Day 2: Rejected by Science
This afternoon I wandered down to a session on how to get published in Science. As I mentioned yesterday, this went head-to-head with an equivalent session run by Nature and I wanted, out of curiosity and a healthy dose of journal rivalry, to see which would attract the most researchers.
I checked numbers first at Nature - around 170 people - and strolled down the corridor to Science. They had the edge, I thought, since they were serving post-session drinks. I had just started my head count when up strolled a rather formidable looking lady with a Science badge on.

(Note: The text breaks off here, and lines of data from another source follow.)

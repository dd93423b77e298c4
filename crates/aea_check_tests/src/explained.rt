//! What `explain` says of each block of damaged archives, against drills and plain sums.

use crate::archives::{archive_with, run_explain};
use crate::lines::{text_in, text_of_block};
use aea_disk::SureDisk;
use aea_lattice::{BlockId, EqId, Lattice, parse_block};
use aea_plain::sum;
use aea_runs::{run_line, text_of};
use aea_test_helpers::{NINETEEN, spoil_cell};
use std::alloc::Global;
use std::test::Fail;

// What is known of a damaged archive on three sites whose blocks have 16 bytes: the line of its drill, its lattice, and the
// blocks that are damaged.
#[derive(Drop)]
struct Damaged {
    drill: &'static str,
    lattice: Lattice,
    damaged: Vec<BlockId>,
}

// Damages the blocks with these numbers. The answer is these blocks.
fn spoil_blocks(
    alloc: Global,
    disk: &mut SureDisk,
    lattice: &Lattice,
    numbers: &[u32],
) -> Option<Vec<BlockId>> {
    let mut blocks = Vec::new(alloc);
    let mut goes_on = true;
    for k in 0..lattice.blocks() {
        if numbers.contains(&k) {
            goes_on = goes_on
                && spoil_cell(disk, 3, 64, k, 20).is_ok()
                && blocks.push(lattice.block(k)).is_ok();
        }
    }
    goes_on.then_some(blocks)
}

// Makes the archive of these two lines, which make and drill it, and damages the blocks with these numbers.
fn make_damaged(
    alloc: Global,
    lines: (&str, &'static str),
    lattice: Option<Lattice>,
    numbers: &[u32],
) -> Option<(SureDisk, Damaged)> {
    let (line, drill) = lines;
    let lattice = lattice?;
    let count = lattice.n().min(1_000).saturating_mul(16);
    let mut disk = archive_with(alloc, line, count)?;
    let damaged = spoil_blocks(alloc, &mut disk, &lattice, numbers)?;
    let known = Damaged {
        drill,
        lattice,
        damaged,
    };
    Some((disk, known))
}

// Adds the line of this block behind the list.
fn add_block(alloc: Global, list: &mut String, block: BlockId) -> bool {
    match text_of_block(alloc, block) {
        Some(text) => write!(list, "\n{text}").is_ok(),
        None => false,
    }
}

// The damage list of the block with this text beside what is damaged.
fn list_with(alloc: Global, known: &Damaged, text: &str) -> Option<String> {
    let mut list = String::from_str(alloc, text).ok()?;
    let mut goes_on = true;
    for b in known.damaged.iter() {
        goes_on = goes_on && add_block(alloc, &mut list, *b);
    }
    goes_on.then_some(list)
}

// The report of the drill where the block with this text is lost beside what is damaged.
fn drilled(alloc: Global, known: &Damaged, text: &str) -> Option<String> {
    let list = list_with(alloc, known, text)?;
    match run_line(alloc, known.drill, list.as_bytes()) {
        Ok(left) => text_in(alloc, left.out.bytes()),
        Err(_) => None,
    }
}

// Whether this line of a report is that of the block with this text.
fn is_line_of(line: &str, text: &str) -> bool {
    let mut words = line.split(' ');
    let _kind = words.next();
    words.next() == Some(text)
}

// The line of the block with this text in a report.
fn line_in(alloc: Global, report: &str, text: &str) -> Option<String> {
    let line = report.lines().find(|line| is_line_of(line, text))?;
    String::from_str(alloc, line).ok()
}

// The line of the block with this text in the drill where it is lost beside what is damaged.
fn drilled_line(alloc: Global, known: &Damaged, text: &str) -> Option<String> {
    match drilled(alloc, known, text) {
        Some(report) => line_in(alloc, report.as_str(), text),
        None => None,
    }
}

// The equations that these words name by their parities, none where a word names none.
fn equations_of(alloc: Global, text: &str) -> Option<Vec<EqId>> {
    let mut equations = Vec::new(alloc);
    for word in text.split(' ') {
        let BlockId { node, class } = parse_block(word.as_bytes())?;
        equations.push(EqId { node, class }).ok()?;
    }
    Some(equations)
}

// The blocks that these equations add up to.
fn sum_of(alloc: Global, lattice: &Lattice, text: &str) -> Option<Vec<BlockId>> {
    match equations_of(alloc, text) {
        Some(equations) => sum(alloc, lattice, equations.as_slice()).ok(),
        None => None,
    }
}

// Whether the equations add up to the block, and to others that are intact alone.
fn gives(alloc: Global, known: &Damaged, block: BlockId, text: &str) -> bool {
    match sum_of(alloc, &known.lattice, text) {
        Some(blocks) => {
            blocks.as_slice().contains(&block)
                && blocks
                    .iter()
                    .all(|b| *b == block || !known.damaged.as_slice().contains(b))
        }
        None => false,
    }
}

// Whether this line is that of the word of these nodes.
fn is_word(alloc: Global, line: &str, nodes: &str) -> bool {
    format!(in alloc; "word {nodes}\n").is_ok_and(|word| line == word.as_str())
}

// Whether this line says of the block with this text that it is damaged, or intact.
fn stands_so(alloc: Global, line: &str, is_damaged: bool, text: &str) -> bool {
    let standing = if is_damaged { "damaged" } else { "intact" };
    format!(in alloc; "{standing} {text}").is_ok_and(|want| line == want.as_str())
}

// Whether this second line about a block goes with its line of the drill: a sum where the drill brings it back, and the drill's
// nodes where it is lost.
fn goes_with(alloc: Global, known: &Damaged, block: BlockId, second: &str, drilled: &str) -> bool {
    match drilled.split_once(" by ") {
        Some((_lost, nodes)) => is_word(alloc, second, nodes),
        None => match second.strip_prefix("sum ") {
            Some(rest) => gives(alloc, known, block, rest.trim_end()),
            None => false,
        },
    }
}

// Whether what is said of the block with this text is so.
fn is_so(alloc: Global, known: &Damaged, block: BlockId, text: &str, revealed: &str) -> bool {
    let is_damaged = known.damaged.as_slice().contains(&block);
    match (drilled_line(alloc, known, text), revealed.split_once('\n')) {
        (Some(line), Some((first, second))) => {
            stands_so(alloc, first, is_damaged, text)
                && goes_with(alloc, known, block, second, line.as_str())
        }
        _ => false,
    }
}

// Whether what `explain` says of the block with this text is so.
fn is_text_explained(
    alloc: Global,
    disk: &mut SureDisk,
    known: &Damaged,
    block: BlockId,
    text: &str,
) -> bool {
    match run_explain(alloc, disk, text) {
        Ok(left) => text_of(left.out.bytes()).is_ok_and(|revealed| is_so(
            alloc, known, block, text, revealed,
        )),
        Err(_) => false,
    }
}

// The same of the block.
fn is_explained(alloc: Global, disk: &mut SureDisk, known: &Damaged, block: BlockId) -> bool {
    match text_of_block(alloc, block) {
        Some(text) => is_text_explained(alloc, disk, known, block, text.as_str()),
        None => false,
    }
}

// The same of each block.
fn are_explained(alloc: Global, disk: &mut SureDisk, known: &Damaged) -> bool {
    let lattice = known.lattice;
    let mut goes_on = true;
    for k in 0..lattice.blocks() {
        goes_on = goes_on && is_explained(alloc, disk, known, lattice.block(k));
    }
    goes_on
}

// The same in the archive of these two lines, which make and drill it, once the blocks with these numbers are damaged.
fn are_explained_in(
    alloc: Global,
    lines: (&str, &'static str),
    lattice: Option<Lattice>,
    numbers: &[u32],
) -> bool {
    match make_damaged(alloc, lines, lattice, numbers) {
        Some((mut disk, known)) => are_explained(alloc, &mut disk, &known),
        None => false,
    }
}

#[test]
fn each_block_of_a_chain_is_explained(rt: HostRuntime) -> Result<(), Fail> {
    let lines = ("create 1 1 0 16 3", "drill 1 1 0 8");
    for numbers in [[20u32, 20], [4, 5], [5, 6], [8, 11], [0, 15]] {
        let lattice = Lattice::new(1, 1, 0, 8);
        assert!(rt;
            are_explained_in(rt.alloc(), lines, lattice, &numbers),
            "{numbers:?}"
        );
    }
    Ok(())
}

#[test]
fn each_block_around_two_codewords_is_explained(rt: HostRuntime) -> Result<(), Fail> {
    let lines = ("create 2 2 2 16 3", "drill 2 2 2 11");
    let lattice = Lattice::new(2, 2, 2, 11);
    assert!(rt; are_explained_in(rt.alloc(), lines, lattice, &NINETEEN));
    Ok(())
}

#[test]
fn each_block_of_three_classes_is_explained(rt: HostRuntime) -> Result<(), Fail> {
    let lines = ("create 3 2 5 16 3", "drill 3 2 5 12");
    let lattice = Lattice::new(3, 2, 5, 12);
    // a third of the blocks, and the whole last node
    let numbers = [
        0, 3, 5, 8, 11, 13, 16, 18, 22, 25, 27, 30, 33, 36, 39, 44, 45, 46, 47,
    ];
    assert!(rt; are_explained_in(rt.alloc(), lines, lattice, &numbers));
    Ok(())
}
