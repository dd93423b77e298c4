//! Changes of the report of two codewords, each with what is said of it then.

use crate::archives::{judges, repairs};
use aea_cli::Status;
use aea_disk::SureDisk;
use aea_test_helpers::{TWO_CODEWORDS, report_of};
use std::alloc::Global;

// What is changed in the report, by what, and what is said of it.
type Row = (&'static str, &'static str, &'static str);

const CHANGES: &[Row] = &[
    ("d1 by 1 3 4 6", "d1 by 1 3 4 6", "accepted\n"),
    (
        "d1 by 1 3 4 6",
        "d1 by 1 3 4",
        "rejected 5 word-touches h6\n",
    ),
    (
        "d1 by 1 3 4 6",
        "d1 by 3 4 6",
        "rejected 5 word-misses d1\n",
    ),
    ("d1 by 1 3 4 6", "d1 by 3 1", "refused: bad line 5\n"),
    ("d1 by 1 3 4 6", "d1 by 1 1 3 4 6", "refused: bad line 5\n"),
    ("d1 by 1 3 4 6", "d1 by 1  3 4 6", "refused: bad line 5\n"),
    ("d1 by 1 3 4 6", "d1 by 1 3 4 6 ", "refused: bad line 5\n"),
    ("d1 by 1 3 4 6", "d1 by 1 3 4 12", "refused: bad line 5\n"),
    ("d1 by 1 3 4 6", "d1 by", "refused: bad line 5\n"),
    ("lost d1 by 1 3 4 6\n", "", "rejected 5 missing d1\n"),
    ("lost d1 by 1 3 4 6\n", "\n", "refused: bad line 5\n"),
    (
        "lost d1 by 1 3 4 6\n",
        "peeled d1\n",
        "rejected 5 still-bad d1\n",
    ),
    ("solved h3\n", "peeled h3\n", "rejected 4 wrong-count\n"),
    ("solved h3\n", "", "rejected 4 wrong-count\n"),
    (
        "solved h3\n",
        "lost h3 by 1 3 4 6\n",
        "rejected 9 not-damaged h3\n",
    ),
    (
        "solved h3\n",
        "solved h3\nsolved h3\n",
        "refused: bad line 10\n",
    ),
    ("lost d11 by 8 9 10 11\n", "", "rejected 23 missing d11\n"),
    (
        "lost d11 by 8 9 10 11\n",
        "lost d11 by 8 9 10 11",
        "refused: bad line 23\n",
    ),
    (
        "lost d11 by 8 9 10 11\n",
        "lost d11 by 11\n",
        "rejected 23 word-touches h11\n",
    ),
    (
        "counts 19 0 3 16",
        "counts 019 0 3 16",
        "refused: bad line 4\n",
    ),
    (
        "counts 19 0 3 16",
        "counts 19 3 0 16",
        "rejected 4 wrong-count\n",
    ),
    (
        "lattice 2 2 2 11",
        "lattice 2 2 2 12",
        "rejected 2 other-archive\n",
    ),
    ("aea-report 1", "aea-report 2", "refused: bad line 1\n"),
];

// A function, so that the proof of the test does not carry the table.
fn changes() -> &'static [Row] {
    CHANGES
}

// The report in which a text is changed, none where it has no such text.
fn changed_report(alloc: Global, report: &str, old: &str, new: &str) -> Option<String> {
    let (before, after) = report.split_once(old)?;
    format!(in alloc; "{before}{new}{after}").ok()
}

// Whether this is said of the report in which a text is changed.
fn is_said(
    alloc: Global,
    disk: &mut SureDisk,
    report: &str,
    change: (&str, &str),
    revealed: &str,
) -> bool {
    let (old, new) = change;
    match changed_report(alloc, report, old, new) {
        Some(changed) => judges(alloc, disk, changed.as_str(), revealed),
        None => false,
    }
}

// What was changed, and by what, in the first changed report of which something else is said; none where there is none.
fn first_said_otherwise(
    alloc: Global,
    disk: &mut SureDisk,
    report: &str,
) -> Option<(&'static str, &'static str)> {
    for (old, new, revealed) in changes() {
        if !is_said(alloc, disk, report, (old, new), revealed) {
            return Some((old, new));
        }
    }
    None
}

// The same of a report that a repair has to print first; ("no change", "another report") where it does not.
fn first_said_after_repair(
    alloc: Global,
    disk: &mut SureDisk,
    report: &str,
) -> Option<(&'static str, &'static str)> {
    if repairs(alloc, disk, Status::Damage, report) {
        first_said_otherwise(alloc, disk, report)
    } else {
        Some(("no change", "another report"))
    }
}

/// The same of the report of two codewords; ("no change", "no report") where this is not made.
pub fn first_change_said_otherwise(
    alloc: Global,
    disk: &mut SureDisk,
) -> Option<(&'static str, &'static str)> {
    match report_of(alloc, disk, "2 2 2 11", TWO_CODEWORDS) {
        Some(report) => first_said_after_repair(alloc, disk, report.as_str()),
        None => Some(("no change", "no report")),
    }
}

Her: You're from the competition. I think you should leave. Me: Erm...really? Her: Yes. It's not fair that a Nature editor attends this talk. Me: But I'm not an editor, I'm a journalist. Her: A journalist? So you want to get published in Science? Me: Erm... no...actually I'm just curious. Her: Well I think you should leave.
And so I did, but not before completing my head count: 60 attendees.
Day 1: Popularity contest
A kind of strange popularity contest takes place during the vast conferences like this. The football-pitch sized poster hall is packed, but not everyone is getting the same attention. It's a bit like a singles night. The researchers with the beautiful science are surrounded by crowds of admirers, while colleagues showcasing more mundane conclusions look lonely and a little forlorn.
Paul Young is one of the popular ones. He's got a neat method that allows researchers to visualise brain cells and turn genes on and off in those cells at the same time. The scene around him reminds me of travelling to work on the London underground: scientists are crowding in on his poster like a bunch of harried commuters trying to force their way onto a train. At the neighbouring poster stands a slightly awkward-looking researcher, ignored by the crowd next door.
A similar sort of competition will be taking place tomorrow, as Nature and Science go head-to-head with sessions on how to get published, both happening at the same time in adjoining rooms. Only Science ran a session like this last year, and it was packed. I'll let you know who attracts the most admirers this year.
Day 1: Not so ecstatic
I've often thought that ecstasy users are taking part in a scary long-term experiment. Neuroscientists are only just beginning to work out what the drug does to their heads. Meanwhile, clubbers the world over are popping pills and altering their brain chemistry with gusto.
Ecstasy users might feel differently if they strolled around this conference. We already know that the drug damages receptors for serotonin, a brain chemical that neurons use to exchange signals. Several posters and talks here reveal other disturbing findings. Take the study by Michael Bankson of Boston University. He looked at how ecstasy affects the blood-brain barrier, a layer of cells that can stop harmful substances entering our brains. Bankson found that ecstasy increased permeability of the barrier by 50%.
This isn't as terrifying as it might sound; other things, including stress, can also alter the barrier's permeability. But it is, as Bankson says, yet another example of damage that ecstasy does. No one knows for sure what all this adds up to in term of users' mental and physical health, but we'll find soon enough, since the ecstasy use has probably been widespread for long enough for its effects to start showing up in epidemiological studies.